Para falar a verdade, acho que ninguém sabe. Nem o Prefeito, nem o Deputado Marcelo Calero, atual Secretário de Cultura. Nem mesmo o Barata, o grande mago da APTR! Ninguém faz ideia de quantos palcos fazem a cena do Rio. Ou fazem o vazio da cena…
Sim, o fato é grave – isto não significa que sejam tantos teatros, mas tantos, que até perdemos as contas. Quer dizer, antes, que não nos importamos de verdade com o teatro. Em lugar de ser uma arte universal cativa dos corações da cidade, ele se tornou um fato localizado e do umbigo não passa. Sabemos deste e daquele teatro, aqui e acolá, ali até a esquina, mas a cidade nos escapa. E o pior: tudo indica que a alienação é antiga.
Claro, houve um tempo em que a cidade cabia na palma da mão, era apenas o atual Centro. Aliás, vem daí o hábito antigo de chamar o Centro de Cidade – todo o resto era subúrbio, arrabaldes, roças e baldios, não existia nem Zona Sul, nem Zona Norte e muito menos túnel, para traçar fronteiras. Este desenho, contudo, não é do nosso tempo, talvez seja dos nossos bisavós. Ou mais, para quem é bem jovem.
Sim, naquela era remota todos os teatros existentes eram conhecidos e sabidos, não havia palco perdido ou extraviado por recantos distantes. Mais, até: o teatro era uma paixãozinha social. Evidentemente, não era nada semelhante ao desvario de paixão que incendiaria, mais tarde, a velha geral do Maracanã – convém não exagerar. Havia nas plateias teatrais um diferencial, um quê de elegância, digamos.

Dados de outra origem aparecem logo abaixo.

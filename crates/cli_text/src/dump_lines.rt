//! What `dump` writes.

ghost use Rattle.std.specs.Prelude.{◌≡◌, ◌++◌, flat_map, OnOk, IfOk, Some};
ghost use Rattle.std.specs.List.{enumerate_from};
ghost use Rattle.std.specs.Option.{option_copied};
ghost use Rattle.std.specs.String.{string_bytes};
ghost use Rattle.ld_base.specs.Text.{name_or_none};
ghost use Rattle.cli_text.specs.DumpLines.{head_line, needed_line, symbol_line, reloc_line, relr_line, plt_line, symbol_lines, dump_text};
ghost use Rattle.scope_lists.specs.VersionPlaces.Places.{places_of};

use ld_base::{Kind, Name, Object, Reloc, Symbol};
use scope_lists::VersionNames;
use std::alloc::{AllocError, Global};
use std::fmt;

/// How long a text may be when a symbol is to follow. Symbols share names of versions, so that those
/// of a file of 8 MiB could ask for more than a GiB.
const MOST_TEXT: usize = 1 << 27;

/// A name, or `-` where there is none.
#[derive(Clone, Copy)]
struct OrNone<'a>(Option<&'a Name>);

impl fmt::Display for OrNone<'_> {
    ghost output = { λ o. Some (name_or_none (option_copied o.0)) };

    fn fmt<W: fmt::Write>(&self, f: &mut fmt::Formatter<W>) -> fmt::Result {
        match self.0 {
            Some(name) => write!(f, "{name}"),
            None => write!(f, "-"),
        }
    }
}

#[tactic(auto, unfolding(crate::specs::DumpLines::head_line))]
fn write_head(text: &mut String, object: &Object) -> Result<(), AllocError>
    ensures { OnOk result (string_bytes text.new ≡ string_bytes text.old ++ head_line object.now) }
{
    let kind = match object.kind {
        Kind::Exec => "exec",
        Kind::Dyn => "dyn",
    };
    let soname = OrNone(object.soname.as_ref());
    writeln!(text, "object {kind} soname={soname}")
}

#[tactic(auto, unfolding(crate::specs::DumpLines::needed_line))]
fn write_needed(text: &mut String, name: &Name) -> Result<(), AllocError>
    ensures { OnOk result (string_bytes text.new ≡ string_bytes text.old ++ needed_line name.now) }
{
    writeln!(text, "needed {name}")
}

fn write_all_needed(text: &mut String, names: &[Name]) -> Result<(), AllocError>
    ensures { OnOk result (string_bytes text.new ≡ string_bytes text.old ++ flat_map needed_line names.now) }
{
    for name in names {
        write_needed(text, name)?;
    }
    Ok(())
}

/// Writes the symbol with an index. A text that is too long is want of memory.
#[tactic(auto, unfolding(crate::specs::DumpLines::symbol_line))]
fn write_symbol(
    text: &mut String,
    object: &Object,
    names: &VersionNames,
    index: usize,
    symbol: &Symbol,
) -> Result<(), AllocError>
    requires { names.now ≡ places_of object.now }
    ensures { OnOk result (string_bytes text.new ≡ string_bytes text.old ++ symbol_line object.now (index, symbol.now)) }
{
    if text.len() > MOST_TEXT {
        return Err(AllocError);
    }
    let name = &symbol.name;
    let version = OrNone(names.get(object, symbol.version_index()));
    let value = symbol.value;
    let defined = if symbol.is_defined() { "def" } else { "undef" };
    writeln!(
        text,
        "symbol {index} {name} {version} 0x{value:x} {defined}"
    )
}

/// Writes the symbols but for the null symbol.
fn write_symbols(text: &mut String, object: &Object, names: &VersionNames) -> Result<(), AllocError>
    requires { names.now ≡ places_of object.now }
    ensures { OnOk result (string_bytes text.new ≡ string_bytes text.old ++ symbol_lines object.now) }
{
    if let [_null, symbols @ ..] = object.symbols.as_slice() {
        for (place, symbol) in symbols.iter().enumerate() {
            write_symbol(text, object, names, place + 1, symbol)?;
        }
    }
    Ok(())
}

#[tactic(auto, unfolding(crate::specs::DumpLines::reloc_line))]
fn write_reloc(text: &mut String, number: usize, reloc: &Reloc) -> Result<(), AllocError>
    ensures { OnOk result (string_bytes text.new ≡ string_bytes text.old ++ reloc_line (number, reloc.now)) }
{
    let Reloc {
        place,
        kind,
        symbol,
        addend,
    } = *reloc;
    writeln!(text, "reloc {number} {kind} 0x{place:x} {symbol} {addend}")
}

fn write_relocs(text: &mut String, relocs: &[Reloc]) -> Result<(), AllocError>
    ensures { OnOk result (string_bytes text.new ≡ string_bytes text.old ++ flat_map reloc_line (enumerate_from 0 relocs.now)) }
{
    for (number, reloc) in relocs.iter().enumerate() {
        write_reloc(text, number, reloc)?;
    }
    Ok(())
}

#[tactic(auto, unfolding(crate::specs::DumpLines::relr_line))]
fn write_relr(text: &mut String, number: usize, place: u64) -> Result<(), AllocError>
    ensures { OnOk result (string_bytes text.new ≡ string_bytes text.old ++ relr_line (number, place)) }
{
    writeln!(text, "relr {number} 0x{place:x}")
}

fn write_all_relr(text: &mut String, places: &[u64]) -> Result<(), AllocError>
    ensures { OnOk result (string_bytes text.new ≡ string_bytes text.old ++ flat_map relr_line (enumerate_from 0 places.now)) }
{
    for (number, place) in places.iter().enumerate() {
        write_relr(text, number, *place)?;
    }
    Ok(())
}

#[tactic(auto, unfolding(crate::specs::DumpLines::plt_line))]
fn write_slot(text: &mut String, number: usize, slot: &Reloc) -> Result<(), AllocError>
    ensures { OnOk result (string_bytes text.new ≡ string_bytes text.old ++ plt_line (number, slot.now)) }
{
    let place = slot.place;
    let symbol = slot.symbol;
    writeln!(text, "slot {number} 0x{place:x} {symbol}")
}

fn write_slots(text: &mut String, slots: &[Reloc]) -> Result<(), AllocError>
    ensures { OnOk result (string_bytes text.new ≡ string_bytes text.old ++ flat_map plt_line (enumerate_from 0 slots.now)) }
{
    for (number, slot) in slots.iter().enumerate() {
        write_slot(text, number, slot)?;
    }
    Ok(())
}

/// The text of an object.
///
/// # Errors
///
/// Want of memory. A text that has more than 128 MiB before another symbol counts as that.
#[tactic(auto, unfolding(crate::specs::DumpLines::dump_text))]
pub fn dump_text(alloc: Global, object: &Object) -> Result<String, AllocError>
    ensures { IfOk result (λ text. string_bytes text ≡ dump_text object.now) }
{
    let names = VersionNames::of(alloc, object)?;
    let mut text = String::new(alloc);
    write_head(&mut text, object)?;
    write_all_needed(&mut text, object.needed.as_slice())?;
    write_symbols(&mut text, object, &names)?;
    write_relocs(&mut text, object.relocs.as_slice())?;
    write_all_relr(&mut text, object.relr.as_slice())?;
    write_slots(&mut text, object.plt_relocs.as_slice())?;
    writeln!(text, "end 0 dumped")?;
    Ok(text)
}
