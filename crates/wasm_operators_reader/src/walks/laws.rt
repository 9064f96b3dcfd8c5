//! Laws of reading in a frame, each the contract of a function that does nothing.

ghost use Rattle.std.specs.Prelude.{◌↔◌, List};
ghost use Rattle.wasm_types.specs.decoding.Decoder.{State};
ghost use Rattle.wasm_types.specs.decoding.ErrorValue.{ErrorValue};
ghost use Rattle.wasm_operators_immediates.specs.declared.frames.FrameKind.{FrameKind as Kind};
ghost use Rattle.wasm_operators_enums.specs.Op.{Op};
ghost use Rattle.wasm_operators_encoding.specs.expressions.Stack.{innermost};
ghost use Rattle.wasm_operators_reader.specs.Standing.{Reads, Refuses};
ghost use Rattle.wasm_operators_reader.specs.walks.InFrame.{ReadsIn, RefusesIn};

/// Whoever knows the innermost open frame alone reads what a reader with that frame innermost reads, and is refused for the same
/// reasons: so `peek_operator`, with such a reader as its stack, answers what its `read` would.
pub const fn the_innermost_frame_decides()
    ensures reads { (frames : List Kind) (s b : State) (o : Op)
        → ReadsIn (innermost frames) s o b ↔ ((js : List Kind)
        × Reads (record { bytes = s; frames = frames }) o (record { bytes = b; frames = js })) }
    ensures refuses { (frames : List Kind) (s : State) (e : ErrorValue)
        → RefusesIn (innermost frames) s e ↔ Refuses (record { bytes = s; frames = frames }) e }
{}
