//! Expressions whose operators a visitor is told of as they are read, those on vectors too.

ghost use Rattle.std.specs.Prelude.{◌≡◌, [], true, Ok, Err, IfOk, IfErr};
ghost use Rattle.wasm_types.specs.reader.Reading.{IsNotMemory};
ghost use Rattle.wasm_operators_encoding.specs.expressions.Code.{Code, walk};
ghost use Rattle.wasm_operators_encoding.specs.expressions.Spelling.{SpelledExpression};
ghost use Rattle.wasm_operators_reader.specs.Standing.{Standing, at_start};
ghost use Rattle.wasm_operators_reader.specs.Visiting.{Visits};
ghost use Rattle.wasm_operators_reader.specs.Walking.{VisitsAll};
ghost use Rattle.wasm_operators_reader.specs.walks.Whole.{TellsTo, TellsUntilAt, Stops};

use crate::visiting::told_of;
use crate::walks::telling::{TellSimdOperator, tell_operator_simd};
use crate::{OperatorsReader, TellOperator};
use std::alloc::Global;
use wasm_types::{BinaryReader, Result};

/// Tells a visitor of all operators of an expression in their order, to the end of the bytes, and of several at once that open and close no
/// frame. The visitor answers whether to go on: the walk ends with its first `Err`, which is given back with the offset of that operator.
/// Where it answers none, it was told of the whole expression, which all bytes of the reader spell.
///
/// # Errors
///
/// The bytes spell no expression, or there is no memory; the visitor was told of the operators before the one that is refused. If the
/// features refuse that one by its first byte, it is refused there, whatever follows.
#[tactic(none)]
pub fn tell_whole_with_offset<'a, E: Drop, V>(
    alloc: Global,
    reader: BinaryReader<'a>,
    visitor: &mut V,
) -> Result<std::result::Result<(), (E, u64)>>
where
    V: TellOperator<'a, Output = std::result::Result<(), E>> + TellSimdOperator<'a>,
    ensures whole { IfOk result (λ end. IfOk end (λ _. (c : Code)
        × SpelledExpression reader.entry.settings c reader.entry.rest
        × VisitsAll V.visits (Ok tt) visitor.old (walk c) visitor.new)) }
    ensures ended { IfOk result (λ end. IfErr end (λ x. TellsUntilAt V.visits (Ok tt)
        (at_start reader.entry) visitor.old (Err x.0) visitor.new x.1)) }
    ensures refused { IfErr result (λ e. IsNotMemory e.kind → (c : Code)
        → SpelledExpression reader.entry.settings c reader.entry.rest → ⊥) }
    ensures stops { IfErr result (λ e. (t : Standing) × TellsTo V.visits (Ok tt)
        (at_start reader.entry) visitor.old t visitor.new × Stops t e) }
{
    let mut operators = OperatorsReader::new(alloc, reader);
    let end = match tell_every(&mut operators, visitor) {
        Ok(end) => end,
        Err(error) => return Err(error),
    };
    if let Err(last) = end {
        return Ok(Err(last));
    }
    match operators.finish() {
        Ok(()) => Ok(Ok(())),
        Err(error) => Err(error),
    }
}

// Tells a visitor of operators until no byte is left, or it answers an `Err`, which is given back with the operator's offset.
fn tell_every<'a, E: Drop, V>(
    operators: &mut OperatorsReader<'a>,
    visitor: &mut V,
) -> Result<std::result::Result<(), (E, u64)>>
where
    V: TellOperator<'a, Output = std::result::Result<(), E>> + TellSimdOperator<'a>,
    ensures whole { IfOk result (λ end. IfOk end (λ _. TellsTo V.visits
        (Ok tt) operators.old visitor.old operators.new visitor.new × (operators.new.bytes.rest ≡ []))) }
    ensures ended { IfOk result (λ end. IfErr end (λ x. TellsUntilAt V.visits (Ok tt) operators.old visitor.old
        (Err x.0) visitor.new x.1)) }
    ensures refused { IfErr result (λ e. TellsTo V.visits (Ok tt) operators.old visitor.old operators.new visitor.new
        × Stops operators.new e) }
{
    while !operators.eof() {
        if let Some(ended) = operators.tell_run(visitor) {
            return Ok(Err(ended));
        }
        let at_end = operators.eof();
        if at_end {
            return Ok(Ok(()));
        }
        let place = operators.original_position();
        let answer = match tell_operator_simd(operators, visitor) {
            Ok(answer) => answer,
            Err(error) => return Err(told_of(operators, error)),
        };
        if let Err(last) = answer {
            return Ok(Err((last, place)));
        }
    }
    Ok(Ok(()))
}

Sem qualquer preconceito com o gramado, vale reconhecer que os tablados supunham a posse, por parte dos seus frequentadores, de alguma distinção. A moeda necessária, no caso, era a cultura; o diletante podia ser pé rapado e bolso furado, mas precisava ter as suas fumaças de letras, mesmo quando era um pobre caixeiro inflamado de fervor por sua atriz-diva.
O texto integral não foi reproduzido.